Problem to work on: Return the material exactly. Every line must stay as it is.
....
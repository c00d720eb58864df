// Classes of tokens by their numbers, as in the machine's table.
use tokens::Class;

pub const OPENING: usize = Class::Opening as usize;

pub const CLOSING: usize = Class::Closing as usize;

pub const OPENING_SQUARE: usize = Class::OpeningSquare as usize;

pub const CLOSING_SQUARE: usize = Class::ClosingSquare as usize;

pub const DOT: usize = Class::Dot as usize;

pub const DOTS: usize = Class::Dots as usize;

pub const AT: usize = Class::At as usize;

pub const COMMA: usize = Class::Comma as usize;

pub const COLONS: usize = Class::Colons as usize;

pub const NAME_TEST: usize = Class::NameTest as usize;

pub const NODE_TYPE: usize = Class::NodeType as usize;

pub const INSTRUCTION: usize = Class::Instruction as usize;

pub const FUNCTION_NAME: usize = Class::FunctionName as usize;

pub const AXIS_NAME: usize = Class::AxisName as usize;

pub const LITERAL: usize = Class::Literal as usize;

pub const NUMBER: usize = Class::Number as usize;

pub const VARIABLE: usize = Class::Variable as usize;

pub const SLASH: usize = Class::Slash as usize;

pub const SLASHES: usize = Class::Slashes as usize;

pub const BAR: usize = Class::Bar as usize;

pub const PLUS: usize = Class::Plus as usize;

pub const MINUS: usize = Class::Minus as usize;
....
Response to this task:
repository c00d720eb58864df
// Classes of tokens by their numbers, as in the machine's table.
use tokens::Class;

pub const OPENING: usize = Class::Opening as usize;

pub const CLOSING: usize = Class::Closing as usize;

pub const OPENING_SQUARE: usize = Class::OpeningSquare as usize;

pub const CLOSING_SQUARE: usize = Class::ClosingSquare as usize;

pub const DOT: usize = Class::Dot as usize;

pub const DOTS: usize = Class::Dots as usize;

pub const AT: usize = Class::At as usize;

pub const COMMA: usize = Class::Comma as usize;

pub const COLONS: usize = Class::Colons as usize;

pub const NAME_TEST: usize = Class::NameTest as usize;

pub const NODE_TYPE: usize = Class::NodeType as usize;

pub const INSTRUCTION: usize = Class::Instruction as usize;

pub const FUNCTION_NAME: usize = Class::FunctionName as usize;

pub const AXIS_NAME: usize = Class::AxisName as usize;

pub const LITERAL: usize = Class::Literal as usize;

pub const NUMBER: usize = Class::Number as usize;

pub const VARIABLE: usize = Class::Variable as usize;

pub const SLASH: usize = Class::Slash as usize;

pub const SLASHES: usize = Class::Slashes as usize;

pub const BAR: usize = Class::Bar as usize;

pub const PLUS: usize = Class::Plus as usize;

pub const MINUS: usize = Class::Minus as usize;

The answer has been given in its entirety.